Deep Neural Networks (DNNs) are well-known to act as over-parameterized deep image priors (DIP) that regularize various image inverse problems. Meanwhile, researchers also proposed extremely compact, under-parameterized image priors (e.g., deep decoder) that are strikingly competent for image restoration too, despite a loss of accuracy. These two extremes push us to think whether there exists a better solution in the middle: between over- and under-parameterized image priors, can one identify "intermediate" parameterized image priors that achieve better trade-offs between performance, efficiency, and even preserving strong transferability? Drawing inspirations from the lottery ticket hypothesis (LTH), we conjecture and study a novel "lottery image prior" (LIP) by exploiting DNN inherent sparsity, stated as: given an over-parameterized DNN-based image prior, it will contain a sparse subnetwork that can be trained in isolation, to match the original DNN's performance when being applied as a prior to various image inverse problems. Our results validate the superiority of LIPs: we can successfully locate the LIP subnetworks from over-parameterized DIPs at substantial sparsity ranges. Those LIP subnetworks significantly outperform deep decoders under comparably compact model sizes (by often fully preserving the effectiveness of their over-parameterized counterparts), and they also possess high transferability across different images as well as restoration task types. Besides, we also extend LIP to compressive sensing image reconstruction, where a pre-trained GAN generator is used as the prior (in contrast to untrained DIP or deep decoder), and confirm its validity in this setting too. To our best knowledge, this is the first time that LTH is demonstrated to be relevant in the context of inverse problems or image priors.

Figures (19)

• Figure 1: Overview of our work. Between the over- and under-parameterized image priors, we aim to find the sparse matching networks with better performances, efficiency and strong transferability.

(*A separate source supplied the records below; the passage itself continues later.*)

pub(crate) const LAST_SUBCOMMANDS: &[Subcommand] = &[
    (
        "generate",
        "Print a random script. The same options print the same bytes",
        "metroheap generate --seed <N> --events <M> [--sessions <S>] [--pages <P>] [--quantum <K>] [--trigger <T>] [--every <E>] [--profile <NAME>] [--controls <C>] [--rules <R>]",
        "Examples:\n  metroheap generate --seed 1 --events 100 --profile trees > trees.script\n\nExit status: 0 if the script was written, 2 if the command line was refused, 3 if memory was refused or a device failed",
        &[
            (
                "seed",
                "N",
                Kind::Needed(0, u64::MAX),
                "Seed of the random numbers [0..18446744073709551615]",
            ),
            (
                "events",
                "M",
                Kind::Needed(1, MOST_ENTRIES),
                "Number of events in the script [1..1000000]",
            ),
            (
                "sessions",
                "S",
                Kind::Number(1, SESSIONS as u64),
                "Number of sessions that do the work [1..8, default 4]",
            ),
            (
                "pages",
                "P",
                Kind::Number(1, MOST_PAGES as u64),
                "Number of pages in the heap [1..4096, default 64]",
            ),
            (
                "quantum",
                "K",
                Kind::Number(LEAST_QUANTUM as u64, MOST_QUANTUM as u64),
                "Maximum number of units that a quantum spends [209..1000000, default 250]",
            ),
            (
                "trigger",
                "T",
                Kind::Number(0, MOST_PAGES as u64),
                "Start a cycle when at most T pages are free [0..P, default half of P]",
            ),
            (
                "every",
                "E",
                Kind::Number(0, MOST_EVERY as u64),
                "Run a quantum after E units of the mutator; 0: run none [0..1000000, default 25]",
            ),
            (
                "profile",
                "NAME",
                Kind::Text,
                "Mix of events; mixed is the first seven in turn [churn, lists, trees, wide, large, frag, refusals, barriers, comb, fans, race, cycles or mixed, default mixed]",
            ),
            (
                "controls",
                "C",
                Kind::Number(0, MOST_ENTRIES),
                "Make every C-th event `* quantum`, with no other controls; 0: no controls [0..1000000, default random controls]",
            ),
            (
                "rules",
                "R",
                Kind::Number(1, 2),
                "Version of the rules that the script is for; under 1 no event is `* left` [1..2, default 2]",
            ),
        ],
        &[(
            Rule::Profile,
            VALUE,
            "profile",
            VALUE,
            "churn, lists, trees, wide, large, frag, refusals, barriers, comb, fans, race, cycles or mixed",
            "",
        )],
    ),
    (
        "curve",
        "Print the minimum mutator utilisation (MMU) in windows of each length, of the run of a script, of a history of version 2 or of a log of pauses, or the line that refuses the text; and judge what is promised of all windows",
        "metroheap curve [--svg] [--rules <R>] [PROMISES] < SCRIPT\n       metroheap curve --history [--svg] [PROMISES] < HISTORY\n       metroheap curve --pauses [--svg] [PROMISES] < LOG\n       PROMISES are --every <M> --quantum <K>, --longest <N> and --keeps <U:W>",
        "Examples:\n  metroheap generate --seed 1 --events 1000 | metroheap curve\n  metroheap generate --seed 1 --events 1000 | metroheap run --history | metroheap curve --history --svg > curve.svg\n  (echo mutator 8000; echo collector 2000; echo mutator 9000) | metroheap curve --pauses --longest 2500 --keeps 70:10000\n\nExit status: 0 if the curve was printed and each promise is kept, 1 if the text was refused, 2 if the command line was, 3 if memory was refused, a device failed or the history was full, 4 if a promise is broken",
        &[
            RULES,
            (
                "history",
                "",
                Kind::Flag,
                "Read a history of version 2, of any collector; nothing is replayed",
            ),
            (
                "pauses",
                "",
                Kind::Flag,
                "Read a log of pauses: lines `mutator N` and `collector N`, in nanoseconds or any other unit",
            ),
            (
                "svg",
                "",
                Kind::Flag,
                "Print a picture in SVG in place of a table",
            ),
            (
                "every",
                "M",
                Kind::Number(1, MOST_OF_A_ROUND),
                "Promised: the mutator has at least M units before each quantum; needs --quantum [1..2305843009213693951]",
            ),
            (
                "quantum",
                "K",
                Kind::Number(1, MOST_OF_A_ROUND),
                "Promised: a quantum spends at most K units; needs --every [1..2305843009213693951]",
            ),
            (
                "longest",
                "N",
                Kind::Number(0, u64::MAX),
                "Promised: no pause is longer than N units [0..18446744073709551615]",
            ),
            (
                "keeps",
                "U:W",
                Kind::Text,
                "Promised: the mutator has at least U per cent of each stretch of W units or more [U 0..100, W 0..18446744073709551615]",
            ),
        ],
        &[
            (Rule::Wants, VALUE, "every", VALUE, "quantum", ""),
            (Rule::Wants, VALUE, "quantum", VALUE, "every", ""),
            (
                Rule::Share,
                VALUE,
                "keeps",
                VALUE,
                "U:W with 0 to 100 per cent and a number of units",
                "",
            ),
            (Rule::Beside, FLAG, "pauses", FLAG, "history", ""),
        ],
    ),
    (
        "size",
        "Run a script in heaps of other sizes, and print what is live, the fewest pages that were found to be enough, and what more pages change; or print the pages that suffice for all programs that keep to some counts (--used); or print the quantum that leaves the mutator a share of each window (--target)",
        "metroheap size [--rules <R>] [--window <W>] < SCRIPT\n       metroheap size --used <U> --every <M> --rate <WORDS:PARTS/UNITS[+BURST],..> [--parts <N>] (--quanta <Q> | --quantum <K>)\n       metroheap size --target <U> --window <D> [--every <M> | --quantum <K>]",
        "Examples:\n  metroheap generate --seed 1 --events 1000 --profile churn | metroheap size\n  metroheap size --used 75 --every 5000 --rate 8:20/1000 --quanta 2\n  metroheap size --target 50 --window 10000\n\nExit status: 0 if a size was printed, 1 if the script was refused, 2 if the command line was, 3 if memory was refused, a device failed or the history was full, 4 if there is no such size",
        &[
            RULES,
            (
                "window",
                "W",
                Kind::Number(1, u64::MAX),
                "Length of a window in units. For a script, the least share of the mutator in such windows is printed; with --target, all windows of this length and longer have the share [1..18446744073709551615, default for a script: 10 * (QUANTUM + EVERY)]",
            ),
            (
                "used",
                "U",
                Kind::Number(0, MOST_PAGES as u64),
                "Maximum number of pages in use when a cycle ends [0..4096]",
            ),
            (
                "every",
                "M",
                Kind::Number(1, MOST_EVERY as u64),
                "Run a quantum after M units of the mutator [1..1000000]",
            ),
            (
                "rate",
                "WORDS:PARTS/UNITS[+BURST],..",
                Kind::Text,
                "Allocation rate of each class: in any t units of the mutator at most BURST + t * PARTS / UNITS blocks, rounded up, of WORDS words, 4 of header among them [WORDS 4..64, others 1..1000000, default BURST 0]",
            ),
            (
                "parts",
                "N",
                Kind::Number(1, MOST_PARTS as u64),
                "Maximum number of blocks of an object [1..3661, default 1]",
            ),
            (
                "quanta",
                "Q",
                Kind::Number(1, MOST_QUANTA as u64),
                "Maximum number of quanta of a cycle [1..1000000]",
            ),
            (
                "quantum",
                "K",
                Kind::Number(LEAST_QUANTUM as u64, MOST_QUANTUM as u64),
                "Maximum number of units that a quantum spends. With --used it replaces --quanta: then the bound of any cycle counts [209..1000000]",
            ),
            (
                "target",
                "U",
                Kind::Number(1, 100),
                "Share that the mutator is to have of each window, in per cent [1..100]",
            ),
        ],
        &[
            (Rule::Beside, VALUE, "rules", VALUE, "target", ""),
            (Rule::Beside, VALUE, "used", VALUE, "target", ""),
            (Rule::Beside, VALUE, "rate", VALUE, "target", ""),
            (Rule::Beside, VALUE, "parts", VALUE, "target", ""),
            (Rule::Beside, VALUE, "quanta", VALUE, "target", ""),
            (Rule::Wants, VALUE, "target", VALUE, "window", ""),
            (Rule::BesideWith, VALUE, "every", VALUE, "quantum", "target"),
            (Rule::Beside, VALUE, "rules", VALUE, "used", ""),
            (Rule::Beside, VALUE, "rules", VALUE, "rate", ""),
            (Rule::Beside, VALUE, "rules", VALUE, "parts", ""),
            (Rule::Beside, VALUE, "rules", VALUE, "quanta", ""),
            (Rule::Beside, VALUE, "rules", VALUE, "every", ""),
            (Rule::Beside, VALUE, "rules", VALUE, "quantum", ""),
            (Rule::WantsWith, VALUE, "window", VALUE, "target", "used"),
            (Rule::WantsWith, VALUE, "window", VALUE, "target", "rate"),
            (Rule::WantsWith, VALUE, "window", VALUE, "target", "parts"),
            (Rule::WantsWith, VALUE, "window", VALUE, "target", "quanta"),
            (Rule::WantsWith, VALUE, "window", VALUE, "target", "every"),
            (Rule::WantsWith, VALUE, "window", VALUE, "target", "quantum"),
            (Rule::Wants, VALUE, "rate", VALUE, "used", ""),
            (Rule::Wants, VALUE, "parts", VALUE, "used", ""),
            (Rule::Wants, VALUE, "quanta", VALUE, "used", ""),
            (Rule::WantsUnless, VALUE, "every", VALUE, "used", "target"),
            (Rule::WantsUnless, VALUE, "quantum", VALUE, "used", "target"),
            (Rule::Wants, VALUE, "used", VALUE, "every", ""),
            (
                Rule::Rates,
                VALUE,
                "rate",
                VALUE,
                "WORDS:PARTS/UNITS or WORDS:PARTS/UNITS+BURST with 4 to 64 words, each other number from 1 to 1000000, and each class once",
                "",
            ),
            (Rule::Wants, VALUE, "used", VALUE, "rate", ""),
            (Rule::Beside, VALUE, "quanta", VALUE, "quantum", ""),
            (Rule::WantsUnless, VALUE, "used", VALUE, "quanta", "quantum"),
        ],
    ),
];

• Figure 2: LIP visual results: inpainting (row 1), super-resolution (rows 2/3) and denoising (row 4). The last column (in blue) intends to display the results with the most extremely sparse subnetwork.
• Figure 3: Experimental results of finding LIP subnetworks. The first row of the figure summarizes the LTH IMP training loops and the second row denotes the evaluation of found LIP. Note that we compare the LTH IMP with Random Prune (Random) and SNIP lee2018snip prune methods, on images from different (F16 and Woman) or same domains (Face2 and Face4). Background task is denoising.
• Figure 4: Experimental Results of Multi LIP on images from same/different domains. We compare Multi LIP with LIP and random prune methods. The background task is denoising.
• Figure 5: Transferability (cross tasks) experimental results. We study the transferability of denoising LIP on the restoration tasks such as inpainting and super-resolution (SR); we also study the inpainting and SR LIP on the denoising task. We consider two SR scale factors $=4$, $8$. We evaluate Multi-LIP subnetworks here.